$\text { Hence, solve the equation } 8 \cos ^{3} \theta-6 \cos \theta+1=0 \quad \text { for } \theta \in[-\pi, \pi]$
The previous part was to prove that $\cos 3 \theta=4 \cos ^{3} \theta-3 \cos \theta \quad \text { by replacing } 3 \theta \text { by }(2 \theta+\theta)$.

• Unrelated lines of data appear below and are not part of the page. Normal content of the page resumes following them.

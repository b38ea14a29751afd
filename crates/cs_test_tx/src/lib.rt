//! Tests of transactions, and of the table of a shard.
//! No file names `cs_tx_value`; its edge in crates.txt is there for the prover, which wants it in a goal.
#![tactic(auto)]

#[cfg(test)]
mod calls;
#[cfg(test)]
mod case_tests;
#[cfg(test)]
mod reader_tests;
#[cfg(test)]
mod table_dummy_tests;
#[cfg(test)]
mod table_tests;
#[cfg(test)]
mod tx_tests;
#[cfg(test)]
mod version_tests;
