//! Worked cases of the dummies of a shard.
use crate::calls::{decided, prepared};
use cs_base::{Config, Key, Memory};
use cs_table::Table;
use cs_test_samples::spend;
use cs_tx::{Session, Vote};
use cs_tx_types::Effect;
use std::alloc::Global;
use std::process::Abort;
use std::test::Fail;

/// Shard 1 of two, which holds no object and this many dummies.
fn dummies_alone(rt: &impl Abort, alloc: Global, dummies: u16) -> Result<Table, Fail> {
    let config = Config::new(2, 0, dummies).expect(rt, "a configuration");
    Ok(Table::genesis(alloc, config, 1, &[])?)
}

/// A session that uses up a coin of shard 0, and in shard 1 the dummy of this serial.
fn session(alloc: Global, number: u64, serial: u64) -> Result<Session, Memory> {
    let mut session = spend(alloc, [2; 32], 5, &[], number)?;
    session.dummies.push((1, serial))?;
    Ok(session)
}

#[test]
fn a_used_dummy_is_followed_by_one(rt: HostRuntime) -> Result<(), Fail> {
    let alloc = rt.alloc();
    let mut table = dummies_alone(&rt, alloc, 1)?;
    assert!(rt; table.least_dummy() == Key::Dummy(1, 0));
    let first = session(alloc, 1, 0)?;
    assert!(rt; prepared(&rt, alloc, &mut table, &first)? == Vote::Commit);
    assert!(rt; table.least_dummy() == Key::Dummy(1, 1));
    assert!(rt; decided(&rt, alloc, &mut table, &first, Vote::Commit)? == Effect::Accepted);
    assert!(rt; table.least_dummy() == Key::Dummy(1, 1));
    let second = session(alloc, 2, 0)?;
    assert!(rt; prepared(&rt, alloc, &mut table, &second)? == Vote::Abort);
    Ok(())
}

#[test]
fn an_aborted_session_lets_its_dummy_go(rt: HostRuntime) -> Result<(), Fail> {
    let alloc = rt.alloc();
    let mut table = dummies_alone(&rt, alloc, 2)?;
    let first = session(alloc, 1, 0)?;
    let second = session(alloc, 2, 1)?;
    assert!(rt; prepared(&rt, alloc, &mut table, &second)? == Vote::Commit);
    assert!(rt; prepared(&rt, alloc, &mut table, &first)? == Vote::Commit);
    assert!(rt; table.least_dummy() == Key::Dummy(1, 2));
    assert!(rt; decided(&rt, alloc, &mut table, &first, Vote::Commit)? == Effect::Accepted);
    assert!(rt; decided(&rt, alloc, &mut table, &second, Vote::Abort)? == Effect::Aborted);
    assert!(rt; table.least_dummy() == Key::Dummy(1, 1));
    assert!(rt; decided(&rt, alloc, &mut table, &second, Vote::Abort)? == Effect::Skipped);
    Ok(())
}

So, I used this to simplify the equation to
$2 \cos 3 \theta +1 = 0$ $\implies \cos 3 \theta =\frac{-1}{2}$
Since $\cos^{-1} \frac{-1}{2} = \frac{2\pi}{3} + 2 \pi n$,$\implies \theta =\frac{2 \pi}{9},\frac{8 \pi}{9},\frac{-8 \pi}{9}$ or $\frac{-2 \pi}{9}$. However, the graph seems to be showing another root which is $\frac{4 \pi}{9}$. Why did I miss this root? How should I find more angles that satisfy the equation in a given range. In general, how does one find all angles that satisfy an equation even after adding $2 \pi n$
Note that, if $\cos x >0$, $x$ is in the 1st or 4th quadrant; if $\cos x< 0$, $x$ is in the 2nd or 3rd quadrant.
So, given $3\theta \in [-3\pi, 3\pi]$ and $\cos 3\theta = -\frac12< 0$, the angle $3\theta$ has two sets of values, with one set in the 2nd quadrant, i.e.
$$3\theta =\frac{2\pi}3 + 2\pi k = -\frac{4\pi}3 , \>\frac{2\pi}3, \> \frac{8\pi}3$$
and the other set in the 3rd quadrant, i.e.
$$3\theta = -\frac{2\pi}3 + 2\pi k =-\frac{8\pi}3,\> -\frac{2\pi}3, \>\frac{4\pi}3$$
Thus, all eligible angles are $ \pm\frac{2\pi}9, \> \pm\frac{4\pi}9, \> \pm\frac{8\pi}9$.